The data substantiate a critical design implication: translation should not be framed merely as a conduit for meaning transfer, but as a collaborative interpretive process. Obscuring the transformation process (black-box mode) damages trust, agency, and conversation flow, echoing prior work on explanation and XAI in sensitive social applications. Transparent presentation of AI interpretations shifts user interaction from passive consumption to active verification, enabling users to negotiate intent and meaning at a finer granularity.
Theoretical and Practical Implications
The findings interrogate deeply the problem of representational tensions in language mediation—i.e., the risk of AI homogenizing user identity or flattening affect through stylistic or pragmatic “normalization.” By enabling simultaneous access to original and translated messages, the transparent interface respects the agency and expressive diversity of both interlocutors.
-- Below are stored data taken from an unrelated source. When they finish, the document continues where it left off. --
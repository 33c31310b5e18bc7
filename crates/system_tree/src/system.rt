//! The folders and files of the system.

ghost use Rattle.std.specs.Prelude.{◌≡◌, false, None, IfOk};
ghost use Rattle.std.specs.Io.{ReadsAtMost};
ghost use Rattle.file_tree.specs.Files.{silent_files};

use crate::folder::{Folder, identity_of};
use crate::link::{real_path, split_path};
use crate::new_file::{Origin, Texts, replace};
use crate::patient;
use crate::shared::SharedFiles;
use file_tree::fault::TreeFault;
use file_tree::kind::{Identity, Kind};
use file_tree::path::{join, tidy};
use file_tree::tree::{Replaced, Tree, WritableTree, Writing};
use hcl_source::{ByteSource, Failed};
use std::alloc::Global;
use std::fs::{File, Metadata};
use std::io;
use std::io::{ErrorKind, Read};
use std::os::unix::fs::MetadataExt;
use std::time::SystemTime;

/// How often a read is tried if signals interrupt it.
const TURNS: u32 = 1_000;

/// A file that was opened. It tells no bytes.
#[derive(Drop)]
pub struct FileReader {
    file: File,
    /// How many bytes it had when it was opened.
    length: u64,
    /// How many bytes were read.
    taken: u64,
    has_ended: bool,
    has_failed: bool,
}

impl FileReader {
    /// A reader from the start of a file that had this many bytes.
    fn new(file: File, length: u64) -> FileReader
        ensures { ⟦<FileReader as ByteSource>⟧.failed result ≡ false }
    {
        FileReader {
            file,
            length,
            taken: 0,
            has_ended: false,
            has_failed: false,
        }
    }

    /// Counts the bytes of a read. If they end with the file's last byte and left room, the read has met the end of the
    /// file, and no further read is needed.
    fn note_taken(&mut self, taken: usize, room: usize)
        ensures { self.new.has_failed ≡ self.old.has_failed }
    {
        self.taken = self.taken.saturating_add(taken as u64);
        self.has_ended = self.taken == self.length && taken < room;
    }
}

/// Reads from a file, again if a signal interrupts it.
fn read_some(file: &mut File, buffer: &mut [u8]) -> io::Result<usize>
    ensures { ReadsAtMost result buffer.new }
{
    for _ in 0..TURNS {
        match file.read(buffer) {
            Err(error) if error.kind() == ErrorKind::Interrupted => {}
            done => return done,
        }
    }
    Err(io::Error::from(ErrorKind::Interrupted))
}
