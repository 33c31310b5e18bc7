//! The bytes of an open file, which are compared and overwritten.

use crate::patient;
use file_tree::fault::TreeFault;
use std::fs::File;
use std::io::{ErrorKind, Read, Write};

/// Whether a file of this length has these bytes from its position on.
pub fn has_rest(file: &mut File, bytes: &[u8], length: u64) -> bool {
    let mut buffer = [0; 16_384];
    let mut at = 0;
    for _ in 0..u64::MAX {
        // The length already says that the file ends here, so no read is needed.
        if at == bytes.len() && at as u64 == length {
            return true;
        }
        match file.read(&mut buffer) {
            Ok(0) => return at == bytes.len(),
            Ok(n) => {
                if n > bytes.len() - at || buffer[..n] != bytes[at..at + n] {
                    return false;
                }
                at += n;
            }
            Err(error) if error.kind() == ErrorKind::Interrupted => {}
            Err(_) => return false,
        }
    }
    false
}

/// Whether a file of this length has these bytes.
pub fn has_bytes(file: &mut File, bytes: &[u8], length: u64) -> bool {
    patient::rewind(file).is_ok() && has_rest(file, bytes, length)
}

/// Writes new bytes over the old ones.
pub fn write_over(file: &mut File, old: &[u8], new: &[u8], sync: bool) -> Result<(), TreeFault> {
    if patient::rewind(file).is_err() {
        return Err(TreeFault::NotWritable);
    }
    let is_whole = file.write_all(new).is_ok()
        && (old.len() <= new.len() || file.set_len(new.len() as u64).is_ok());
    if !is_whole || (sync && file.sync_all().is_err()) {
        return Err(TreeFault::WrittenInPart);
    }
    Ok(())
}
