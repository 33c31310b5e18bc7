//! Files with several names, from hard links. The names part when a new file replaces one of them, so each name has an
//! identity of its own, by its place; a link to such a file has the identity of the name to which it leads.

use crate::folder::identity_of;
use crate::link::split_path;
use crate::patient;
use file_tree::fault::TreeFault;
use file_tree::kind::Identity;
use std::alloc::Global;
use std::collections::BTreeMap;

/// The device in the identities of these names; no file is on it.
const DEVICE: u64 = u64::MAX;

/// The place of a name: its folder, and the name there.
#[derive(PartialEq, Eq, PartialOrd, Ord, Drop)]
struct Place {
    folder: Identity,
    name: String,
}

/// The places of the names of such files so far, each with a number of its own.
#[derive(Drop)]
pub struct SharedFiles {
    numbers: BTreeMap<Place, u64>,
}

/// The place of a path whose last part is no link.
fn place_of(rt: &HostRuntime, path: &str) -> Result<Place, TreeFault> {
    let (folder, name) = split_path(path);
    let folder = if folder.is_empty() { "./" } else { folder };
    let Ok(metadata) = patient::metadata(rt, folder) else {
        return Err(TreeFault::Unreadable);
    };
    match String::from_str(rt.alloc(), name) {
        Ok(name) => Ok(Place {
            folder: identity_of(&metadata),
            name,
        }),
        Err(_) => Err(TreeFault::OutOfMemory),
    }
}

impl SharedFiles {
    pub fn new(alloc: Global) -> SharedFiles {
        SharedFiles {
            numbers: BTreeMap::new(alloc),
        }
    }

    /// Gives the name at this place the next number.
    fn add(&mut self, place: Place) -> Result<u64, TreeFault> {
        let number = self.numbers.len() as u64;
        match self.numbers.insert(place, number) {
            Ok(_) => Ok(number),
            Err(_) => Err(TreeFault::OutOfMemory),
        }
    }

    /// The identity of the name at a path, whose last part is no link.
    pub fn identity(&mut self, rt: &HostRuntime, path: &str) -> Result<Identity, TreeFault> {
        let place = place_of(rt, path)?;
        let inode = match self.numbers.get(&place) {
            Some(number) => *number,
            None => self.add(place)?,
        };
        Ok(Identity {
            device: DEVICE,
            inode,
        })
    }
}
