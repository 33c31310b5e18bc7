//! The files that links lead to, by paths relative to the link: the path of the current folder isn't needed, which may
//! have bytes that aren't UTF-8.

use crate::patient;
use file_tree::fault::TreeFault;
use std::io::ErrorKind;

/// The most links that are followed, as many as the system follows.
const LINKS: u32 = 40;

/// The folder of a path, with the `/` at its end, and the name in it.
pub fn split_path(path: &str) -> (&str, &str) {
    match path.rsplit_once('/') {
        Some((folder, name)) => (&path[..folder.len() + 1], name),
        None => ("", path),
    }
}

/// A path to the target of a link.
fn target(rt: &HostRuntime, link: &str) -> Result<String, TreeFault> {
    let target = match patient::read_link(rt, link) {
        Ok(target) => target,
        Err(error) if error.kind() == ErrorKind::InvalidFilename => {
            return Err(TreeFault::LinkNotUtf8);
        }
        Err(_) => return Err(TreeFault::EndlessLink),
    };
    let Some(target) = target.to_str() else {
        return Err(TreeFault::LinkNotUtf8);
    };
    let (folder, _) = split_path(link);
    let folder = if target.starts_with('/') { "" } else { folder };
    match format!(in rt.alloc(); "{folder}{target}") {
        Ok(path) => Ok(path),
        Err(_) => Err(TreeFault::OutOfMemory),
    }
}

/// A path to the file or folder that a path leads to; its last part is no link.
pub fn follow_links(rt: &HostRuntime, path: &str) -> Result<String, TreeFault> {
    let Ok(mut path) = String::from_str(rt.alloc(), path) else {
        return Err(TreeFault::OutOfMemory);
    };
    for _ in 0..LINKS {
        match patient::symlink_metadata(rt, path.as_str()) {
            Ok(metadata) if metadata.is_symlink() => path = target(rt, path.as_str())?,
            Ok(_) => return Ok(path),
            Err(_) => return Err(TreeFault::Unreadable),
        }
    }
    Err(TreeFault::EndlessLink)
}

/// The path of the file that a linked path leads to, in a folder whose last part is no link.
fn in_folder(rt: &HostRuntime, path: &str) -> Result<String, TreeFault> {
    let (folder, name) = split_path(path);
    match folder.strip_suffix("/") {
        None | Some("") => match String::from_str(rt.alloc(), path) {
            Ok(path) => Ok(path),
            Err(_) => Err(TreeFault::OutOfMemory),
        },
        Some(bare) => {
            let folder = follow_links(rt, bare)?;
            match format!(in rt.alloc(); "{folder}/{name}") {
                Ok(path) => Ok(path),
                Err(_) => Err(TreeFault::OutOfMemory),
            }
        }
    }
}

/// A path of the file that a name leads to, whose last part is no link: the name itself if it is none.
pub fn real_path(rt: &HostRuntime, name: &str) -> Result<String, TreeFault> {
    let path = follow_links(rt, name)?;
    if path.as_str() == name {
        return Ok(path);
    }
    in_folder(rt, path.as_str())
}
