//! The tree of the system: its folders and files, by std.
#![tactic(auto)]

mod beside;
mod folder;
mod in_place;
mod link;
mod new_file;
pub mod patient;
mod shared;
pub mod system;
pub mod words;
The study moves beyond mere translation quality to underscore issues of identity attribution, stylistic authenticity, and the locus of conversational control.
Practically, these results advise designers of communication tools for families, cross-generational teams, and multicultural groups to prioritize interpretability and user-side verification. The central insight is that AI should function as an assistive and referential resource, not an authoritative surrogate, especially in high-context or relationally sensitive conversations.
Limitations and Directions for Future Research
While methodologically sound, the study’s scope is culturally specific to Korean familial hierarchies and linguistic forms. Cross-cultural validation remains necessary, given that norms of conversational agency, explicitness, and generational boundaries vary internationally. Furthermore, longitudinal deployment in real-world family chat ecosystems would illuminate the evolving relational dynamics and slow-burn effects of persistent AI mediation.
From a technical perspective, extension to more personalized or adaptive model output—balancing both interpretive accuracy and stylistic fidelity—remains an important direction, as some participants note dissatisfaction with AI-authored slang that mismatches personal idiolects.
Conclusion
This work contributes a nuanced, empirically-backed understanding of how the transparency of AI-mediated language support interfaces scaffolds intergenerational communication. Transparent translation mechanisms not only enhance conversation quality, intimacy, and usability, but also respect the representational plurality inherent to familial dialogue. The findings challenge designers to treat AI as an interpretive mediator rather than a replacement, foregrounding user agency and relational identity. Further investigation is warranted across cultures, contexts, and longer time scales to generalize and operationalize these recommendations in future AI communication systems.